GSCM Research in Indian Manufacturing Sector
Globalization results in both pressure and drivers for Indian Industries and other enterprises to
improve their environmental performance. As a developing country, INDIA has to balance
economic and environmental performance. Green supply chain management (GSCM) is
emerging to be an important approach for Indian Industries and enterprises to improve
performance, possibly on both these dimensions.
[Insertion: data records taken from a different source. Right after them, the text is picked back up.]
//! The messages that lines of JSON say.

ghost use Rattle.std.specs.Prelude.{◌≡◌, ◌⊎◌, ◌++◌, ◌∷◌, [], List, Ok, Err, IfOk, IfErr, OnOk, true};
ghost use Rattle.std.specs.Option.{option_map};
ghost use Rattle.json.specs.Find.{as_object};
ghost use Rattle.json.specs.Value.{members_view, value_view};
ghost use Rattle.iso_codec.specs.Message.{IsoMessage};
ghost use Rattle.iso_codec.specs.Reading.{spelling};
ghost use Rattle.acq_link.specs.Frames.{fits_frame};
ghost use Rattle.acq_make.specs.Written.{written};
ghost use Rattle.acq_make.specs.declared.make_fault.MakeFault.TheVariants.{Memory};
ghost use Rattle.acq_json.specs.Said.{begun, bytes_said, is_blank, line_said, message_said};
ghost use Rattle.acq_json.specs.Said.{messages_said, of_parts, parts_said, sent};

use crate::elements::{bytes_said, with_members};
use acq_link::LONGEST_MESSAGE;
use acq_make::{MadeForm, MakeFault, put_made};
use acq_show::{line_at, without_return};
use iso_codec::{Message, SetFault, encode};
use json::{Error, Scratch, Value};
use std::alloc::Global;

/// The messages that lines of JSON say (`specs/Said.antt`), one behind another in this form: one
/// each line that isn't blank, as `json_of_message` gives it, whole.
pub fn make_of_json(alloc: Global, form: &MadeForm, text: &[u8]) -> Result<Vec<u8>, MakeFault>
    // What is written are the spellings of the messages that the lines say.
    ensures made { IfOk result (λ out. (messages : List IsoMessage)
        × (messages_said text.now ≡ Ok messages) × (out.items ≡ written form.now messages)) }
    // A fault is the text's first one, or memory ran out.
    ensures fault { IfErr result (λ fault. (fault ≡ Memory)
        ⊎ (messages_said text.now ≡ Err fault)) }
{
    let mut out = Vec::new(alloc);
    let mut rest = text;
    let mut number = 0;
    while !rest.is_empty() {
        let (line, after) = line_at(rest);
        number += 1;
        take_line(alloc, form, &mut out, number, without_return(line))?;
        rest = after;
    }
    Ok(out)
}

/// Takes a line.
#[tactic(auto, unfolding(crate::specs::Said::line_said))]
fn take_line(
    alloc: Global,
    form: &MadeForm,
    out: &mut Vec<u8>,
    number: u64,
    line: &[u8],
) -> Result<(), MakeFault>
    ensures said { OnOk result ((more : List IsoMessage) × (line_said number line.now ≡ Ok more)
        × (out.new.items ≡ out.old.items ++ written form.now more)) }
    ensures fault { IfErr result (λ fault. (fault ≡ Memory)
        ⊎ (line_said number line.now ≡ Err fault)) }
{
    if is_blank(line) {
        return Ok(());
    }
    let message = message_said(alloc, number, line)?;
    put_message(alloc, form, out, &message)
}

/// Puts a message that a frame can have behind others.
fn put_message(
    alloc: Global,
    form: &MadeForm,
    out: &mut Vec<u8>,
    message: &Message,
) -> Result<(), MakeFault>
    requires { fits_frame (spelling message.now) ≡ true }
    ensures written { OnOk result (out.new.items
        ≡ out.old.items ++ written form.now (message.now ∷ [])) }
    ensures memory { IfErr result (λ fault. fault ≡ Memory) }
{
    let mut text = Vec::new(alloc);
    encode(alloc, message, &mut text)?;
    put_made(alloc, form, out, text.as_slice())?;
    Ok(())
}

/// Whether a line says nothing.
fn is_blank(line: &[u8]) -> bool
    ensures { result ≡ is_blank line.now }
{
    line.iter().all(|byte| *byte == b' ')
}

/// The message that a text on a line says.
#[tactic(auto, unfolding(crate::specs::Said::value_said))]
fn message_said(alloc: Global, number: u64, text: &[u8]) -> Result<Message, MakeFault>
    ensures ok { IfOk result (λ message. message_said number text.now ≡ Ok message) }
    ensures fits { IfOk result (λ message. fits_frame (spelling message) ≡ true) }
    ensures fault { IfErr result (λ fault. (fault ≡ Memory)
        ⊎ (message_said number text.now ≡ Err fault)) }
{
    let Ok(text) = str::from_utf8(text) else {
        return Err(MakeFault::BadLine(number));
    };
    let mut scratch = Scratch::new(alloc);
    match Value::parse(alloc, text, &mut scratch) {
        Ok(value) => of_value(alloc, number, &value),
        Err(Error::Invalid) => Err(MakeFault::BadLine(number)),
        Err(_) => Err(MakeFault::Memory),
    }
}

/// The message that a value says.
fn of_value(alloc: Global, number: u64, value: &Value<'_>) -> Result<Message, MakeFault>
    ensures ok { IfOk result (λ message.
        of_parts number (parts_said (value_view value.now)) ≡ Ok message) }
    ensures fits { IfOk result (λ message. fits_frame (spelling message) ≡ true) }
    ensures fault { IfErr result (λ fault. (fault ≡ Memory)
        ⊎ (of_parts number (parts_said (value_view value.now)) ≡ Err fault)) }
{
    let Some((kind, elements)) = parts_said(value) else {
        return Err(MakeFault::BadLine(number));
    };
    let first = begun(alloc, number, kind)?;
    let whole = with_members(alloc, number, first, elements)?;
    sent(alloc, number, whole)
}

/// The type and the elements of a message's object.
fn parts_said<'v, 'a>(value: &'v Value<'a>) -> Option<(&'a str, &'v Vec<(&'a str, Value<'a>)>)>
    ensures { option_map (λ parts. (parts.0.now, members_view parts.1.now.items)) result
        ≡ parts_said (value_view value.now) }
{
    if members_of(value)?.len() != 2 {
        return None;
    }
    let kind = value.get("type")?.as_str()?;
    let elements = members_of(value.get("elements")?)?;
    Some((kind, elements))
}

fn members_of<'v, 'a>(value: &'v Value<'a>) -> Option<&'v Vec<(&'a str, Value<'a>)>>
    ensures { option_map (λ members. members_view members.now.items) result
        ≡ as_object (value_view value.now) }
{
    match value {
        Value::Object(members) => Some(members),
        _ => None,
    }
}

/// A message without elements, if a text is a type.
fn begun(alloc: Global, number: u64, kind: &str) -> Result<Message, MakeFault>
    ensures ok { IfOk result (λ first. begun number (bytes_said kind.now) ≡ Ok first) }
    ensures fault { IfErr result (λ fault. (fault ≡ Memory)
        ⊎ (begun number (bytes_said kind.now) ≡ Err fault)) }
{
    let Some(kind) = bytes_said(alloc, kind)? else {
        return Err(MakeFault::BadLine(number));
    };
    let [a, b, c, d] = kind.as_slice() else {
        return Err(MakeFault::BadLine(number));
    };
    match Message::new(alloc, [*a, *b, *c, *d]) {
        Some(message) => Ok(message),
        None => Err(MakeFault::BadLine(number)),
    }
}

/// The message, if a frame can have it.
fn sent(alloc: Global, number: u64, message: Message) -> Result<Message, MakeFault>
    ensures ok { IfOk result (λ whole. sent number message ≡ Ok whole) }
    ensures fits { IfOk result (λ whole. fits_frame (spelling whole) ≡ true) }
    ensures fault { IfErr result (λ fault. (fault ≡ Memory) ⊎ (sent number message ≡ Err fault)) }
{
    let mut text = Vec::new(alloc);
    encode(alloc, &message, &mut text)?;
    if !fits_frame(text.as_slice()) {
        return Err(MakeFault::BadMessage(number, SetFault::BadLength(0)));
    }
    Ok(message)
}

/// Whether a message has 1 to 4,096 bytes.
fn fits_frame(text: &[u8]) -> bool
    ensures { result ≡ fits_frame text.now }
{
    !text.is_empty() && text.len() <= LONGEST_MESSAGE
}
Investigation of GSCM along with social
concerns is rarely done in the Indian context (Shukla, Deshmukh, Kanda, 2009)..The arrival of
global manufacturers has brought about new challenges such as environmental concerns and
sustainability of supply chains. Environmentally and socially responsive supply chains are in the
early adoption stages in India (Rettab,Ben , 2008). Sustainability and need of sustainability
issues are yet to come in widespread manner on the radar screen of Indian industries in general
and chemical industry in particular. Isolated instances are there, but not mainstreamed into the
psyche of the industry sector. Companies have to realize its benefit commercially due to these
new initiatives. We should sell sustainability, since it makes business sense.
Companies studied in the auto cluster are not adequately addressing these measures in supply
chain design and operations; though awareness and inclination to adopt has been on the rise –
actual implementation lacks a holistic approach. Investigation of GSCM along with social
concerns is rarely done in the Indian context (Shukla, Deshmukh,Kanda, 2009). Green Supply
Chain Management (GSCM) is an increasingly widely-diffused practice among companies that
are seeking to improve their environmental performance. The motivation for the introduction of
GSCM may be ethical (e.g., reflecting the values of managers) and/or commercial (Francesco
Testa and Fabio Iraldo, 2010). Apratul Chandra Shukla, S.G. Deshmukh, Arun Kanda,
(2009) ,Environmentally and socially responsive supply chains are in the early adoption stages in
India. Companies studied in the auto cluster are not adequately addressing these measures in
supply chain design and operations; though awareness and inclination to adopt has been on the
rise – actual implementation lacks a holistic approach.